Mais je voudrais aussi insister sur une magistrale étude d’Évelyne Barbin, souvent citée dans l’ouvrage, parue dans le Bulletin APMEP n°366 de décembre 1988, sous le titre « La démonstration mathématique : significations épistémologiques et questions didactiques ». En voici quelques citations (en troisième lieu, sa conclusion) :

  • « La démonstration a connu historiquement plusieurs significations, et il est important que les enseignants sachent que la notion de démonstration n’est pas un absolu ».
  • « on peut être convaincu par une démonstration sans en saisir le sens, et ce tant que l’on ne l’aura pas produite soi-même ».
  • « Concernant l’apprentissage de la démonstration, la question posée à l’élève ne serait pas « comment démontres-tu ce résultat ? », mais « comment es-tu parvenu à cette démonstration ? »

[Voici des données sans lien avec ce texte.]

//! The bytes that a reader of lines has taken and not yet served.
ghost use Rattle.std.specs.Prelude.{◌≤◌, vec_len};

use crate::steps::{move_to_front, take_behind};
use crate::{Failed, Source};
use std::alloc::{AllocError, Global};

/// How many bytes the buffer has room for, twice as many as a line has at most.
pub const CAPACITY: usize = 8192;

/// The bytes that were taken from a source and not yet served. They stand from `start` to `end`.
#[derive(Debug, Drop)]
pub struct Buffer {
    bytes: Vec<u8>,
    start: usize,
    end: usize,
    ghost ordered: { start ≤ end },
    ghost within: { end ≤ vec_len bytes },
}

impl Buffer {
    ghost use Rattle.std.specs.Prelude.{◌≡◌, ◌+◌, ◌<◌, ◌≤◌, ℕ, [], length, take, drop, vec_len, OnOk, OnErr, IfOk};
    ghost use Rattle.std.specs.Io.KnownBytes.{prepend_known, IsAtEnd};
    ghost use Rattle.tm_edge.specs.Fault.{HasRisen};
    ghost use Rattle.tm_edge.specs.Buffer.{held_bytes};

    pub fn new(alloc: Global) -> Buffer
        ensures { held_bytes result ≡ [] }
    {
        Buffer {
            bytes: Vec::new(alloc),
            start: 0,
            end: 0,
        }
    }

    /// The bytes that are held.
    pub fn held(&self) -> &[u8]
        ensures { result.now ≡ held_bytes self.now }
    {
        &self.bytes[self.start..self.end]
    }

    /// Makes the room that the buffer needs, once.
    pub fn reserve(&mut self) -> Result<(), AllocError>
        ensures ok { OnOk result (CAPACITY ≤ vec_len self.new.bytes) }
        ensures held { held_bytes self.new ≡ held_bytes self.old }
    {
        if self.bytes.len() < CAPACITY {
            self.bytes.resize(CAPACITY, 0)?;
        }
        Ok(())
    }

    /// Drops the first `n` bytes that are held.
    pub fn skip(&mut self, n: usize)
        requires { n ≤ length (held_bytes self.old) }
        ensures { held_bytes self.new ≡ drop n (held_bytes self.old) }
    {
        self.start += n;
    }

    // Moves the bytes that are held to the front.
    fn compact(&mut self)
        ensures held { held_bytes self.new ≡ held_bytes self.old }
        ensures front { self.new.start ≡ 0 }
        ensures room { vec_len self.new.bytes ≡ vec_len self.old.bytes }
    {
        move_to_front(&mut self.bytes, self.start, self.end);
        self.end -= self.start;
        self.start = 0;
    }

    /// Takes bytes from the source behind those that are held, and answers how many.
    ///
    /// None are taken only at the end of the source. A fault leaves all as it was.
    pub fn fill<S: Source>(&mut self, source: &mut S) -> Result<usize, Failed>
        requires { length (held_bytes self.old) < vec_len self.old.bytes }
        ensures told { prepend_known (held_bytes self.new) (S.left source.new) ≡ prepend_known (held_bytes self.old) (S.left source.old) }
        ensures more { IfOk result (λ n. length (held_bytes self.new) ≡ length (held_bytes self.old) + n) }
        ensures front { take (length (held_bytes self.old)) (held_bytes self.new) ≡ held_bytes self.old }
        ensures ending { IfOk result (λ n. n ≡ 0 → IsAtEnd (S.left source.new)) }
        ensures room { vec_len self.new.bytes ≡ vec_len self.old.bytes }
        ensures kept { OnErr result (held_bytes self.new ≡ held_bytes self.old) }
        ensures count { S.faults source.old ≤ S.faults source.new }
        ensures no_fault { OnOk result (S.faults source.new ≡ S.faults source.old) }
        ensures failed { OnErr result (HasRisen (S.faults source.old) (S.faults source.new)) }
    {
        self.compact();
        match take_behind(&mut self.bytes, self.end, source) {
            Ok(n) => {
                self.end += n;
                Ok(n)
            }
            Err(fault) => Err(fault),
        }
    }
}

[N.D.L.R. : cela exclut les soi-disant « problèmes » en marches d’escalier directives…] ? Ce travail serait la première étape d’un travail d’explication des méthodes, puis de perfectionnement des méthodes de démonstration [à partir, éventuellement, de confrontations des méthodes produites par les élèves]. La méthodologie consiste en cette réflexion sur les méthodes. Étape par étape, on arriverait à une méthode subtile de démonstration qui est le raisonnement déductif. La construction de la rationalité de l’élève n’est-elle pas prioritaire dans l’enseignement des mathématiques ? ».

Enfin, je rappelle deux articles récents du Bulletin APMEP n° 421 (mars-avril 1999), p. 167 à 188 :

  • Démonstration et argumentation, par Denise Haugazeau,
  • Démonstration automatique en géométrie : une approche par la géométrie analytique, par Jean Mainguené et Marie-Françoise Roy.

Le premier est une salutaire comparaison, le second est résolument novateur (méthode de Wu, …).